Vintage, the area agency on aging that covers Summit, Grand and four other counties, helps fund programs provided by the Summit County Community and Senior Center and Mountain Family Center.
Director Erin Fisher said Vintage also has Medicare counseling, a long-term care ombudsman, other educational programs and voucher programs. The vouchers can provide funding for nonprofessional caregivers, transportation and more. She said the vouchers are designed to be flexible, allowing people to use them in a “way that makes sense.”
Though Summit and Grand counties lack the level of care found in metropolitan areas, Jim Dauw, who lives in Dillon and often visits his wife in Denver, said he’s been impressed by how resilient and knowledgeable the community has been.
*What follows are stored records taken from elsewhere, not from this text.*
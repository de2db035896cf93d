//! Laws of the core language. Each is the contract of a function that makes no call.

ghost use Rattle.core_language.specs.Examples.{ExamplesAreCore};
ghost use Rattle.core_language.specs.Laws.{CoreExpressionsAreClean, CoreExpressionsAreRead, CoreExpressionsHaveOneDerivation, CoreExpressionsHaveOneTree, CoreFilesAreClean, CoreFilesAreRead, CoreFilesHaveOneDerivation, CoreFilesHaveOneTree, CoreTypesAreClean, CoreTypesAreRead, CoreTypesHaveOneDerivation, CoreTypesHaveOneTree, SpacedCoreExpressionsAreCore, SpacedCoreFilesAreCore, SpacedCoreTypesAreCore, WholeReadsCoreExpressions, WholeReadsCoreFiles, WholeReadsCoreTypes};

/// Where the input is a core file, type or expression, the grammar gives its tree.
pub fn core_lists_are_read()
    ensures files { CoreFilesAreRead }
    ensures types { CoreTypesAreRead }
    ensures expressions { CoreExpressionsAreRead }
{}

/// Where each token of a core file, type or expression says that the whole language is read, the
/// grammar gives the same tree.
pub fn whole_language_reads_core_lists()
    ensures files { WholeReadsCoreFiles }
    ensures types { WholeReadsCoreTypes }
    ensures expressions { WholeReadsCoreExpressions }
{}

/// An input is a core file, type or expression with one tree at most.
pub fn core_lists_have_one_tree()
    ensures files { CoreFilesHaveOneTree }
    ensures types { CoreTypesHaveOneTree }
    ensures expressions { CoreExpressionsHaveOneTree }
{}

/// An input is a core file, type or expression by one derivation at most.
pub fn core_lists_have_one_derivation()
    ensures files { CoreFilesHaveOneDerivation }
    ensures types { CoreTypesHaveOneDerivation }
    ensures expressions { CoreExpressionsHaveOneDerivation }
{}

/// A core tree has no message, no error and no mark of a float.
pub fn core_trees_are_clean()
    ensures files { CoreFilesAreClean }
    ensures types { CoreTypesAreClean }
    ensures expressions { CoreExpressionsAreClean }
{}

/// The leaves of a core tree, with whitespace between them, are a core list of that tree, whatever its
/// floats are.
pub fn spaced_core_trees_are_core()
    ensures files { SpacedCoreFilesAreCore }
    ensures types { SpacedCoreTypesAreCore }
    ensures expressions { SpacedCoreExpressionsAreCore }
{}

/// A file and an expression of the core language, with their trees; and a tree that this expression
/// does not have.
pub fn examples_are_core()
    ensures { ExamplesAreCore }
{}
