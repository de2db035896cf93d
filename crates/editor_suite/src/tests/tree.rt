//! Trees that are built by hand. Texts name payloads.
ghost use Rattle.std.specs.Prelude.{◌≡◌, [], IfOk};

use parser_input::SyntaxKind;
use rowan_green::{GreenNode, GreenNodeBuilder, GreenToken};
use std::alloc::Global;
use std::test::Fail;
use syntax_tree::{SyntaxElement, SyntaxNode, SyntaxToken, TreeIds};

/// The trees that these tests edit or insert.
#[derive(Clone, Copy)]
pub enum Tree {
    /// `(1, 2)`: an argument list, whose elements 1 and 4 are literals.
    Args,
    /// `a`: a path in a file.
    Nested,
    /// `(a)`: a path in parentheses, its element 1.
    Wrapped,
    /// `3`: a literal.
    Literal,
    /// `a` in braces, on separate lines: one level before `{`, two after an empty line before `a`,
    /// three spaces before `}`.
    Lines,
    /// `let;`: a statement.
    Let,
    /// `use`: an item.
    Use,
    /// `{}`: a list of items.
    List,
    /// A file without tokens.
    Empty,
    /// Uses and attributes on lines of level one, two and none: elements 1 and 4 are uses, 3, 5 and
    /// 7 attributes.
    Items,
    /// A struct after a comment and an attribute, with whitespace after each.
    Documented,
}

#[derive(Clone, Copy)]
enum Step {
    Open(SyntaxKind),
    Leaf(SyntaxKind, &'static str),
    Close,
}

fn raw(kind: SyntaxKind) -> rowan_green::SyntaxKind {
    rowan_green::SyntaxKind(kind.to_raw())
}

const LITERAL: Step = Step::Open(SyntaxKind::LITERAL);

fn steps(tree: Tree) -> &'static [Step] {
    match tree {
        Tree::Args => &[
            Step::Open(SyntaxKind::ARG_LIST),
            Step::Leaf(SyntaxKind::L_PAREN, "("),
            LITERAL,
            Step::Leaf(SyntaxKind::INT_NUMBER, "1"),
            Step::Close,
            Step::Leaf(SyntaxKind::COMMA, ","),
            Step::Leaf(SyntaxKind::WHITESPACE, " "),
            LITERAL,
            Step::Leaf(SyntaxKind::INT_NUMBER, "2"),
            Step::Close,
            Step::Leaf(SyntaxKind::R_PAREN, ")"),
            Step::Close,
        ],
        Tree::Nested => &[
            Step::Open(SyntaxKind::SOURCE_FILE),
            Step::Open(SyntaxKind::PATH),
            Step::Leaf(SyntaxKind::IDENT, "a"),
            Step::Close,
            Step::Close,
        ],
        Tree::Wrapped => &[
            Step::Open(SyntaxKind::PAREN_EXPR),
            Step::Leaf(SyntaxKind::L_PAREN, "("),
            Step::Open(SyntaxKind::PATH),
            Step::Leaf(SyntaxKind::IDENT, "a"),
            Step::Close,
            Step::Leaf(SyntaxKind::R_PAREN, ")"),
            Step::Close,
        ],
        Tree::Literal => &[
            LITERAL,
            Step::Leaf(SyntaxKind::INT_NUMBER, "3"),
            Step::Close,
        ],
        Tree::Lines => &[
            Step::Open(SyntaxKind::BLOCK_EXPR),
            Step::Leaf(SyntaxKind::WHITESPACE, "\n    "),
            Step::Open(SyntaxKind::STMT_LIST),
            Step::Leaf(SyntaxKind::L_CURLY, "{"),
            Step::Leaf(SyntaxKind::WHITESPACE, "\n\n        "),
            Step::Open(SyntaxKind::PATH),
            Step::Leaf(SyntaxKind::IDENT, "a"),
            Step::Close,
            Step::Leaf(SyntaxKind::WHITESPACE, "\n   "),
            Step::Leaf(SyntaxKind::R_CURLY, "}"),
            Step::Close,
            Step::Close,
        ],
        Tree::Let => &[
            Step::Open(SyntaxKind::LET_STMT),
            Step::Leaf(SyntaxKind::LET_KW, "let"),
            Step::Leaf(SyntaxKind::SEMICOLON, ";"),
            Step::Close,
        ],
        Tree::Use => &[
            Step::Open(SyntaxKind::USE),
            Step::Leaf(SyntaxKind::USE_KW, "use"),
            Step::Close,
        ],
        Tree::List => &[
            Step::Open(SyntaxKind::ITEM_LIST),
            Step::Leaf(SyntaxKind::L_CURLY, "{"),
            Step::Leaf(SyntaxKind::R_CURLY, "}"),
            Step::Close,
        ],
        Tree::Empty => &[Step::Open(SyntaxKind::SOURCE_FILE), Step::Close],
        Tree::Documented => &[
            Step::Open(SyntaxKind::STRUCT),
            Step::Leaf(SyntaxKind::COMMENT, "// a"),
            Step::Leaf(SyntaxKind::WHITESPACE, "\n"),
            Step::Open(SyntaxKind::ATTR),
            Step::Leaf(SyntaxKind::POUND, "#"),
            Step::Close,
            Step::Leaf(SyntaxKind::WHITESPACE, " "),
            Step::Leaf(SyntaxKind::STRUCT_KW, "struct"),
            Step::Leaf(SyntaxKind::WHITESPACE, " "),
            Step::Leaf(SyntaxKind::SEMICOLON, ";"),
            Step::Close,
        ],
        Tree::Items => &[
            Step::Open(SyntaxKind::SOURCE_FILE),
            Step::Leaf(SyntaxKind::WHITESPACE, "\n    "),
            Step::Open(SyntaxKind::USE),
            Step::Leaf(SyntaxKind::USE_KW, "use"),
            Step::Close,
            Step::Leaf(SyntaxKind::WHITESPACE, "\n        "),
            Step::Open(SyntaxKind::ATTR),
            Step::Leaf(SyntaxKind::POUND, "#"),
            Step::Close,
            Step::Open(SyntaxKind::USE),
            Step::Leaf(SyntaxKind::USE_KW, "use"),
            Step::Close,
            Step::Open(SyntaxKind::ATTR),
            Step::Leaf(SyntaxKind::POUND, "#"),
            Step::Close,
            Step::Leaf(SyntaxKind::WHITESPACE, "\n"),
            Step::Open(SyntaxKind::ATTR),
            Step::Leaf(SyntaxKind::POUND, "#"),
            Step::Close,
            Step::Close,
        ],
    }
}

fn green(alloc: Global, tree: Tree) -> Result<GreenNode, Fail> {
    let mut builder = GreenNodeBuilder::new(alloc);
    for step in steps(tree) {
        match *step {
            Step::Open(kind) => builder.start_node(raw(kind))?,
            Step::Leaf(kind, text) => builder.token(raw(kind), text)?,
            Step::Close => builder.finish_node()?,
        }
    }
    match builder.finish() {
        Ok(node) => Ok(node),
        Err(unfinished) => Err(Fail::from(unfinished.error)),
    }
}

/// Returns the root of `tree`, under the next tree number.
pub(crate) fn root(alloc: Global, tree: Tree, ids: &mut TreeIds) -> Result<SyntaxNode, Fail>
    ensures { IfOk result (λ r. r.place.up ≡ []) }
{
    Ok(SyntaxNode::new_root(alloc, green(alloc, tree)?, ids)?)
}

/// Returns the tree that `text` names, or `None` if it is the text of a token.
fn payload_tree(text: &str) -> Option<Tree> {
    match text {
        "LITERAL 3" => Some(Tree::Literal),
        "LET" => Some(Tree::Let),
        "USE" => Some(Tree::Use),
        _ => None,
    }
}

/// Returns the root of the tree that `text` names, or an identifier token of this text.
pub(crate) fn payload(alloc: Global, text: &str, ids: &mut TreeIds) -> Result<SyntaxElement, Fail> {
    if let Some(tree) = payload_tree(text) {
        return Ok(SyntaxElement::Node(root(alloc, tree, ids)?));
    }
    let green = GreenToken::new(alloc, raw(SyntaxKind::IDENT), text)?;
    Ok(SyntaxElement::Token(SyntaxToken::detached(alloc, green, ids)?))
}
“I’m meeting people in the community that have been here much longer,” Dauw said. “I’ve been in Dillon for a little over five years, but I’m meeting people that have been here for a long time and provide really good advice and support. … I’ve got a really good support network.”
He’s remained active in trying to improve services for people hoping to age in place in Colorado’s mountains, including through his role on the board of directors for Timberline. He has even shared his experience with others at the Summit County Community and Senior Center to raise awareness on challenges facing the community and how to navigate aging, especially in Colorado’s mountains.
Dauw’s advice is to communicate with friends, family and providers and to ask for help, because in doing so, he found many ways to support his wife and himself before and after she had to move into a memory care facility on the Front Range.
“No. 1, I believe it takes a village,” he said. “We’re in this together.”